Issue with Fine-Tuning SageFormer Model: CUDA Error

Scbas_scias · March 1, 2024, 10:32am

I’m encountering a problem while fine-tuning the SageFormer model from Hugging Face in a Colab notebook. After a certain number of epochs, I consistently encounter the following error:

RuntimeError: CUDA error: device-side assert triggered
CUDA kernel errors might be asynchronously reported at some other API call, so the stacktrace below might be incorrect.
For debugging consider passing CUDA_LAUNCH_BLOCKING=1.
Compile with `TORCH_USE_CUDA_DSA` to enable device-side assertions.

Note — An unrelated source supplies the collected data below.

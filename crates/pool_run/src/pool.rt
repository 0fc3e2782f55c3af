//! One pool, from the first connection to the last.
ghost use Rattle.std.specs.Prelude.{◌≡◌, IfSome, None};
ghost use Rattle.ini_config.specs.Bounds.{AreWithinBounds};
ghost use Rattle.desk_tallies.specs.declared.passes.TheConstants.{ALL_PARTS};
ghost use Rattle.desk_tallies.specs.Shares.{names_of, of_each, parts_of};
ghost use Rattle.pool_run.specs.Logins.{IsNewLogin};
ghost use Rattle.pool_run.specs.Salts.{salts_key};
ghost use Rattle.rand_chacha.specs.ChaCha.{of_seed};
ghost use Rattle.server_end.specs.Moves.{IsWithin};
ghost use Rattle.pool_run.specs.declared.pool.TheConstants.{HEARD};

use crate::keeping::{Arrival, Keeper, Source};
use crate::listening::{Begun, Listening};
use crate::log::PoolLog;
use crate::places::Places;
use crate::runtime::PoolRuntime;
use crate::surroundings::Surroundings;
use book_model::settings::limits_of;
use desk_tallies::ledgers::Ledgers;
use desk_tallies::passes::Pass;
use desk_tallies::tallies::Blanks;
use frame_view::{Side, Step, next_frame};
use ini_config::Settings;
use key_source::KeySource;
use link_desk::desk::LinkDesk;
use link_run::links::CleanLink;
use link_start::close::{close_link, offer_terminate};
use log_lines::events::{Heard, Totals};
use log_lines::notes::Visit;
use log_writer::log::begin;
use message_view::KeyWord;
use pool_desk::answers::{HungUp, Ticked};
use pool_desk::desk::Desk;
use pool_serve::serve::serve;
use pool_watch::desk::WatchedDesk;
use pool_watch::seats::Seat;
use pool_watch::watch::Watch;
use relay_flow::buffers::Buffers;
use scram::hmac;
use server_end::gate::Gate;
use server_end::{Moved, ServerEnd};
use std::alloc::{AllocError, Global};
use std::io::Write;
use std::marker::Brand;
use std::rt::Clock;
use std::sync::atomic::{AtomicBool, Ordering};
use std::sync::{Arc, Mutex, Wait};
use std::time::Instant;
use std::{io, thread};
use tcp_end::connection::TcpEnd;
use tcp_end::gate::{GatePoll, TcpGate};
use tcp_end::idle::{IdlePoll, Minder};
use tcp_listen::acceptor::{Acceptor, Turn};
use tcp_listen::listener::Peer;
use time_limits::{CLOCK_TURN, GIVING_WAY};
use user_file::UserTable;
use worker_threads::Workers;
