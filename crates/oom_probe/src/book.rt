//! A lease book. Its making and its view are asked again; its events take no memory.

use crate::making::{key, limits};
use crate::told::{put_numbers, put_unless};
use book_model::events::{Beyond, Event};
use book_register::view::BookView;
use lease_book::book::Book;
use lease_book::events::BookEvent::{GiveBack, Plain};
use lease_book::events::BookReply;
use link_run::links::{CleanLink, LinkParts};
use memory_ends::gone_end::GoneEnd;
use memory_start_laws::unfollowed_starts_are_clean;
use param_track::Reported;
use start_keys::StartKey;
use std::alloc::{AllocError, Global};
use std::sync::Arc;

/// An empty book.
fn empty(alloc: Global) -> Result<Book<GoneEnd>, AllocError> {
    let limits = limits(alloc)?;
    let again = Arc::try_clone(&limits)?;
    match Book::new(alloc, limits) {
        Ok(book) => Ok(book),
        Err(_) => Book::new(alloc, again),
    }
}

fn happens(book: &mut Book<GoneEnd>, event: Event) -> BookReply<GoneEnd> {
    book.apply(0, Plain(event))
}

/// A client comes and asks for a link of this key; its number.
fn comes(book: &mut Book<GoneEnd>, key: &Arc<StartKey>) -> Result<u64, AllocError> {
    let arrival = Event::Arrive {
        beyond: Beyond::Nothing,
    };
    let BookReply::Client(client) = happens(book, arrival) else {
        return Err(AllocError);
    };
    let key = Arc::try_clone(key)?;
    drop(happens(book, Event::Ask { client, key }));
    Ok(client)
}

/// A link of this key, number and second of birth, whose server has gone since.
fn gone_link(
    alloc: Global,
    key: Arc<StartKey>,
    number: u64,
    started_at: u64,
) -> Result<CleanLink<GoneEnd>, AllocError> {
    unfollowed_starts_are_clean();
    let parts = LinkParts {
        end: GoneEnd::of(&key)?,
        key,
        number,
        started_at,
        server_key: None,
        reported: Reported::new(alloc),
    };
    Ok(parts.clean())
}

/// A link of this key that is started for the client.
fn started(
    alloc: Global,
    book: &mut Book<GoneEnd>,
    key: &Arc<StartKey>,
    client: u64,
) -> Result<CleanLink<GoneEnd>, AllocError> {
    let BookReply::Start {
        number,
        started_at,
        ..
    } = happens(book, Event::Take { client })
    else {
        return Err(AllocError);
    };
    gone_link(alloc, Arc::try_clone(key)?, number, started_at)
}

/// A book with a client that has a link, one that waits, and a link that lies idle.
pub fn filled(alloc: Global) -> Result<Book<GoneEnd>, AllocError> {
    let mut book = empty(alloc)?;
    let key = key(alloc)?;
    let first = comes(&mut book, &key)?;
    let second = comes(&mut book, &key)?;
    let of_first = started(alloc, &mut book, &key, first)?;
    let _ = started(alloc, &mut book, &key, second)?;
    comes(&mut book, &key)?;
    drop(book.apply(0, GiveBack(of_first)));
    drop(happens(&mut book, Event::Leave { client: first }));
    Ok(book)
}

/// The book as it is, where memory was refused once too.
pub fn view_of(
    alloc: Global,
    book: &Book<GoneEnd>,
    out: &mut Vec<u8>,
) -> Result<BookView, AllocError> {
    let decisions = book.lists().decisions();
    match book.view(alloc) {
        Ok(view) => Ok(view),
        Err(_) => {
            put_unless(
                book.lists().decisions() == decisions,
                b"a view changes the book",
                out,
            )?;
            book.view(alloc)
        }
    }
}

/// Appends how many there are of what a book shows.
pub fn put_view(view: &BookView, out: &mut Vec<u8>) -> Result<(), AllocError> {
    let counts = [
        view.clients.len() as u64,
        view.tickets.len() as u64,
        view.lent.len() as u64,
        view.idle.len() as u64,
        view.decisions,
        view.starts,
    ];
    put_numbers(b"view", &counts, out)
}

/// A book and its view.
pub fn told(alloc: Global, out: &mut Vec<u8>) -> Result<(), AllocError> {
    let book = filled(alloc)?;
    let view = view_of(alloc, &book, out)?;
    put_view(&view, out)
}
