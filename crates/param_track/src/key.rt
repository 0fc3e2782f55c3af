//! The start key of a StartupMessage.
ghost use Rattle.std.specs.Prelude.{◌≡◌, IfOk};
ghost use Rattle.message_view.specs.Left.{pairs_left};
ghost use Rattle.param_track.specs.StartKeys as spec;

use crate::StartKeyError;
use crate::uses::{Use, has_use, use_of};
use ini_config::Settings;
use message_view::StartupView;
use start_keys::pairs::{database_of, next_pair, put_pair, user_of};
use start_keys::text::Text;
use start_keys::{StartKey, StartParameter};
use std::alloc::{AllocError, Global};

/// The followed parameters, by name.
fn parameters_of(
    alloc: Global,
    settings: &Settings,
    start: &StartupView<'_>,
) -> Result<Vec<StartParameter>, AllocError>
    ensures { IfOk result (λ v. v.items ≡ spec.parameters_in (spec.names_of settings.now) (pairs_left start.now.pairs)) }
{
    let mut parameters = Vec::new(alloc);
    let mut pairs = start.pairs();
    while let Some((name, value)) = next_pair(&mut pairs) {
        if use_of(settings, name) == Use::Followed {
            put_pair(alloc, &mut parameters, name, value)?;
        }
    }
    Ok(parameters)
}

/// The key of a message that the settings don't refuse.
fn wanted_key(
    alloc: Global,
    settings: &Settings,
    start: &StartupView<'_>,
) -> Result<StartKey, AllocError>
    ensures { IfOk result (λ k. k ≡ spec.wanted_key settings.now (pairs_left start.now.pairs)) }
{
    let database = database_of(start);
    let parameters = parameters_of(alloc, settings, start)?;
    let user = Text::from_slice(alloc, user_of(start))?;
    match settings.row(database) {
        Some(row) => Ok(StartKey {
            row: Text::from_slice(alloc, database)?,
            host: Some(*row.host),
            port: row.port,
            dbname: Text::from_slice(alloc, row.dbname)?,
            user,
            parameters,
        }),
        None => Ok(StartKey {
            row: Text::from_slice(alloc, database)?,
            host: None,
            port: 0,
            dbname: Text::from_slice(alloc, b"")?,
            user,
            parameters,
        }),
    }
}

/// The first reason for which the settings refuse the message.
fn refusal(settings: &Settings, start: &StartupView<'_>) -> Option<StartKeyError>
    ensures { result ≡ spec.refusal (spec.names_of settings.now) (pairs_left start.now.pairs) }
{
    if user_of(start).is_empty() {
        return Some(StartKeyError::NoUser);
    }
    if has_use(settings, start, Use::Unsupported) {
        return Some(StartKeyError::UnsupportedParameter);
    }
    if has_use(settings, start, Use::Replication) {
        return Some(StartKeyError::Replication);
    }
    None
}

/// The start key that a StartupMessage gives under the settings.
///
/// Names of parameters are folded to lower case (ASCII), and of equal names the last counts. Followed are `client_encoding`,
/// `datestyle`, `timezone`, `standard_conforming_strings` and `application_name`, but those that `untrack_parameters` names, and
/// all that `track_extra_parameters` names; others are dropped where `ignore_startup_parameters` names them. `user` and `database`
/// are matched exactly, and no name that folds to one of them is followed. A database that is missing or empty is that of the
/// user's name.
///
/// [`StartKeyError::NoUser`], [`StartKeyError::UnsupportedParameter`] and [`StartKeyError::Replication`], the first that holds in this
/// order; [`StartKeyError::Memory`] only where none of them does.
pub fn start_key(
    alloc: Global,
    settings: &Settings,
    start: &StartupView<'_>,
) -> Result<StartKey, StartKeyError>
    ensures { spec.Answers result (spec.start_key_under settings.now (pairs_left start.now.pairs)) }
{
    if let Some(fault) = refusal(settings, start) {
        return Err(fault);
    }
    Ok(wanted_key(alloc, settings, start)?)
}
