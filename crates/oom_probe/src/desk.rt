//! What a desk shows.
ghost use Rattle.std.specs.Prelude.{◌≡◌};
ghost use Rattle.std.specs.Arc.{arc_value};
ghost use Rattle.desk_tallies.specs.declared.passes.TheConstants.{ALL_PARTS};
ghost use Rattle.desk_tallies.specs.Shares.{names_of, of_each, parts_of};
ghost use Rattle.memory_dial.specs.Homes.{IsEverywhere};

use crate::KEY_WORD;
use crate::book::put_view;
use crate::files::catalogue;
use crate::making::{CUT, key, limits};
use book_model::events::Beyond;
use desk_tallies::ledgers::Ledgers;
use desk_tallies::tallies::Blanks;
use link_desk::answers::Arrival;
use link_desk::desk::LinkDesk;
use memory_dial::{MemoryDial, Naming};
use pool_desk::desk::Desk;
use session_catalogue::Catalogue;
use std::alloc::{AllocError, Global};
use std::marker::Brand;
use std::rt::Clock;
use std::sync::{Arc, Wait};

/// A client comes to a desk and asks; what the desk shows then.
fn put_desk<N: Naming, K: Ledgers, R: Wait + Clock + Drop>(
    rt: R,
    alloc: Global,
    catalogue: Arc<Catalogue>,
    blanks: Blanks,
    out: &mut Vec<u8>,
) -> Result<(), AllocError>
    requires everywhere { IsEverywhere N.catalogue (arc_value catalogue) }
    requires names { names_of blanks ≡ K.names }
    requires parts { K.parts ≡ parts_of blanks }
    requires all { parts_of blanks ≡ of_each ALL_PARTS }
{
    let dialer = MemoryDial::<N>::new(alloc, catalogue, KEY_WORD, CUT);
    let desk = Desk::<R, MemoryDial<N>, K>::new(rt, alloc, dialer, limits(alloc)?, blanks)?;
    let key = key(alloc)?;
    let Some(mut pass) = desk.pass() else {
        return Err(AllocError);
    };
    let Arrival::Client(_) = desk.arrive(&mut pass, Beyond::Nothing) else {
        return Err(AllocError);
    };
    let _ = desk.ask(&mut pass, &key);
    let view = match desk.view(alloc, &mut pass) {
        Ok(view) => view,
        Err(_) => desk.view(alloc, &mut pass)?,
    };
    put_view(&view, out)
}

/// A desk and its view.
pub fn told<R: Wait + Clock + Drop>(
    rt: R,
    alloc: Global,
    out: &mut Vec<u8>,
) -> Result<(), AllocError> {
    let catalogue = catalogue(alloc)?;
    put_desk::<Brand, Brand, R>(rt, alloc, catalogue, Blanks::new(), out)
}
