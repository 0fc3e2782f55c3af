//! What a command line asks for.

/// The line that a wrong command line is answered by.
pub const USAGE: &str =
    "usage: oom_probe login | start | reset | end | relay | book | view | console | strike";

/// What is asked again where memory is refused.
#[derive(Clone, Copy, Drop)]
pub enum Kind {
    /// A login is over; another one is begun.
    Login,
    /// The start of a link hands its end back.
    Start,
    /// The reset of a link hands its end back.
    Reset,
    /// An end in memory ends by a fault.
    End,
    /// A lease that isn't begun hands both its ends back.
    Relay,
    /// A lease book, and what it shows.
    Book,
    /// What a desk shows.
    View,
    /// The console's answers.
    Console,
    /// The request of a cancel.
    Strike,
}

/// The kind of a command line, whose first word is the program's name.
pub fn kind_of(words: &[String]) -> Option<Kind> {
    if words.len() != 2 {
        return None;
    }
    match words[1].as_str() {
        "login" => Some(Kind::Login),
        "start" => Some(Kind::Start),
        "reset" => Some(Kind::Reset),
        "end" => Some(Kind::End),
        "relay" => Some(Kind::Relay),
        "book" => Some(Kind::Book),
        "view" => Some(Kind::View),
        "console" => Some(Kind::Console),
        "strike" => Some(Kind::Strike),
        _ => None,
    }
}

My training data consists of images sized at (640, 640, 3), and I’m using an image processor to align them with the model. Despite trying various approaches, I’m still unable to resolve this issue.

checkpoint = "nvidia/mit-b0"
image_processor = AutoImageProcessor.from_pretrained(checkpoint, reduce_labels=False)

Could anyone offer insights into why this error might be occurring and how I could potentially troubleshoot it?

ptrblck · March 2, 2024, 6:00pm

Rerun your script via CUDA_LAUNCH_BLOCKING=1 python script.py args and check the stacktrace to isolate the failing method. Often these kind of issues are raised in an embedding layer receiving inputs containing values of of the expected range ([0, num_embeddings-1]).